Wouaou…
Caryl Férey, deuxième essai après
Zulu.
Zulu a été une grande claque! Que dire de
Mapuche?
Le problème quand j'ai aimé un livre est que j'ai envie d'être dithyrambique, d'en parler des pages entières pour en prolonger le plaisir… Erreur! L'oeuvre se suffit à elle-même. Trop en dire revient à noyer le génie de l'histoire.
Mapuche est un roman noir, terrible et sans concession exprimé au travers d'un thriller violent et haletant. Et
Mapuche est pourtant également un merveilleux cri d'amour.
Argentine. le meurtre de Luz, un travesti des bas-quartiers, ou plutôt des non-quartiers, tant le seuil n'est plus de pauvreté mais d'indigence. Ses amis, Jana, la
Mapuche, et Miguel "Paula" ne veulent pas que ce crime odieux reste noyé dans les eaux du port de la Boca.
Une photographe, Maria Victoria, fille d'un éminent homme d'affaires, disparaît. le détective Rubén Calderon, habituellement chargé d'enquêter les Abuelas, les grands-mères à la recherche des enfants volés de la dictature militaire de 1976, va pourtant se pencher sur ce cas.
Aucun rapport entre les deux? Ne soyez pas sceptiques…
Des pans entiers de l'histoire l'Argentine, dans ses heures les plus sombres et honteuses se dévoilent au fil de l'intrigue. Extrêmement bien documentés et habilement enchevêtrés dans le récit pour ne jamais donner l'impression de recevoir un cours magistral, pour ne jamais casser le rythme des rebondissements de l'enquête.
Le récit est dense et foisonnant d'émotions, les thèmes sont nombreux et toujours explorés précisément avec une sombre fluidité.
Chaque personnage est riche, fouillé, et se fait le porte-drapeau de chaque catégorie de la société argentine. le ton est juste, poignant, et donne même parfois l'impression de dépasser le style de roman pour embrasser celui du témoignage.
Le passé est vivant au présent, dans l'espoir de l'avenir.

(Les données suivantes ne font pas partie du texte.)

// The word lists of crunching, and how they are stored.
#![tactic(auto)]

ghost use Rattle.word_tables.specs.WordsHelpers.{SpellsWords};

pub mod spellings;

// The words of crunching as two tables, which spell the lists: the bytes of all words with a token for each behind them, and an index.
#[derive(Clone, Copy)]
pub struct Words<'a> {
    pub bytes: &'a [u8],
    pub index: &'a [u16],
    ghost spelt: { SpellsWords bytes.now index.now },
}

// The lists, in the order in which they are stored.
#[derive(Clone, Copy)]
pub enum WordList {
    V2,
    Operators,
    Tsb,
    Escapes,
    Basic35,
}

Un seul bémol, à mon sens: l'histoire des indiens
Mapuche que je découvre à travers Jana, n'est peut-être pas assez développée… Mais cela tient peut-être à l'empathie ressentie pour cette femme révoltée, habitée des esprits des anciens…
Dans ce concentré de blessures à vif, un moment unique et fort: le passage de la lecture du Cahier triste. Hors du temps, j'oublie la fiction… chair de poule, horreur, peur, souffrance… et l'ineffable, l'indicible anéantissement… et les larmes qui débordent sans y être invitées… Une tristesse infinie qui s'échoue sur un poème, CE merveilleux poème d'amour. Bref, des pages d'émotions brutes qui transpercent assurément le coeur et l'esprit. Sublime…
Alors un grand merci à cet auteur!
Pour redonner vie à des événements historiques peu glorieux pour l'espèce humaine dite évoluée et moderne, et par trop inconnue ou méconnue sous notre latitude.
Pour cette découverte intime d'un peuple, de sa mentalité, de ses blessures, de ses combats.
Pour cette merveilleuse histoire d'amour aussi, entre deux êtres cassés mais que les hommes et la vie n'ont pu briser.
Pour ce vibrant hommage, également, aux civilisations et nations disparues par tout ce que l'âme humaine a de diabolique et sadique.
Une fantastique lecture, entre révoltes et émotions, noirceur et violences, dont je ne sors pas indemne. Et j'ai envie de conclure par cette phrase, parce que le combat pour la justice ne doit jamais cesser, la mémoire ne doit jamais s'effacer ou s'éteindre: "Leurs ennemis les appelaient les Araucan, ceux qui ont la rage."